_Directions_
Find the string "keywords" in the entries and copy each line that has it.

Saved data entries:
*** Block opens ***

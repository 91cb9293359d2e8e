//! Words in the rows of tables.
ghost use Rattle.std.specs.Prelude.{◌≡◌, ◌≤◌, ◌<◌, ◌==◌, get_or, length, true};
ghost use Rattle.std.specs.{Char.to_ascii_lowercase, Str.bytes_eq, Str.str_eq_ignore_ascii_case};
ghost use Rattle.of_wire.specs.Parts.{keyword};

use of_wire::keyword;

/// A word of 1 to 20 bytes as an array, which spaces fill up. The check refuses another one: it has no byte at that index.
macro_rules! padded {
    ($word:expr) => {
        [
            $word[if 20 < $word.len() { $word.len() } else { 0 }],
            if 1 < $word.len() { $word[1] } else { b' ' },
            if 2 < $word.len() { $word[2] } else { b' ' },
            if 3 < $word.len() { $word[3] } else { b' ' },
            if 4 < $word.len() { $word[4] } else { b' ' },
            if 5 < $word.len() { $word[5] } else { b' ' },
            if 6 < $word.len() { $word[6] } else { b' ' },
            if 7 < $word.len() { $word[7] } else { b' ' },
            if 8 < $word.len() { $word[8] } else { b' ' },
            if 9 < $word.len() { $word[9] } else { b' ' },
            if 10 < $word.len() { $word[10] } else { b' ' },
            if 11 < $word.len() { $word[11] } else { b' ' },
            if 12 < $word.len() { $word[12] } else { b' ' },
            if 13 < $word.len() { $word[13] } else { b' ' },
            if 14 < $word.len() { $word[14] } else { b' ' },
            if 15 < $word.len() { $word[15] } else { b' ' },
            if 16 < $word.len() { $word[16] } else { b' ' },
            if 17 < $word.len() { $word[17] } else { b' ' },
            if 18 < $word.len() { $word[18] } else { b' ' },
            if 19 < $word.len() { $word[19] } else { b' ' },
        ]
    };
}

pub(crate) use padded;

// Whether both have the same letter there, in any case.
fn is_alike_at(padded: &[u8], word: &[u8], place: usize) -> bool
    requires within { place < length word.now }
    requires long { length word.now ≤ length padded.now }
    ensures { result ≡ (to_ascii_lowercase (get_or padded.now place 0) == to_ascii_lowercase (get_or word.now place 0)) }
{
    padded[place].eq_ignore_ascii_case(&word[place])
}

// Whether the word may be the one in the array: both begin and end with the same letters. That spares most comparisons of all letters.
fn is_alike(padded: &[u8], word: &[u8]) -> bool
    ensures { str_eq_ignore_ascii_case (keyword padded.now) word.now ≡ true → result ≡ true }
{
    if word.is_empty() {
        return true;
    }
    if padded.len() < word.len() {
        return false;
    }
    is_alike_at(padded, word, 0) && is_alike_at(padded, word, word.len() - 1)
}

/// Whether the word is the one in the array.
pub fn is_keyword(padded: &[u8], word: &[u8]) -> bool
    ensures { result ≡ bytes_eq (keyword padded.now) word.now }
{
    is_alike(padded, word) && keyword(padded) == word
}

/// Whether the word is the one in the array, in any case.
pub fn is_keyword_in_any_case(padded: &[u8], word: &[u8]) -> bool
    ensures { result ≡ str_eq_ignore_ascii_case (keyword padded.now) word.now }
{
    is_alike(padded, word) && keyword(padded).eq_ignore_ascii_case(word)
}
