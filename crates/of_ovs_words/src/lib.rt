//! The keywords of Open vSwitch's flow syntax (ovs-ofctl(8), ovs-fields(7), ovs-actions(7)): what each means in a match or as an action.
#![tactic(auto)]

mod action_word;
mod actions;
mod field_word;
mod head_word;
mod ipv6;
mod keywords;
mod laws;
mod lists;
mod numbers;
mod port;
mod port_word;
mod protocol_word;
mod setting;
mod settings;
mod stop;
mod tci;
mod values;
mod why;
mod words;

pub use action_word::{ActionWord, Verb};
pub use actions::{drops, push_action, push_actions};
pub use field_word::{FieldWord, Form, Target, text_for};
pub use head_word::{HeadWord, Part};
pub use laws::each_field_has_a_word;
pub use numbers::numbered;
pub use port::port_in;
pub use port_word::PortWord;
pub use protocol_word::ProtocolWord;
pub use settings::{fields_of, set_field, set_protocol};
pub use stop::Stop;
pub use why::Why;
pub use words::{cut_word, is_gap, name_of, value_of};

*** Block closes ***

_Response area_
//! The keywords of Open vSwitch's flow syntax (ovs-ofctl(8), ovs-fields(7), ovs-actions(7)): what each means in a match or as an action.
mod keywords;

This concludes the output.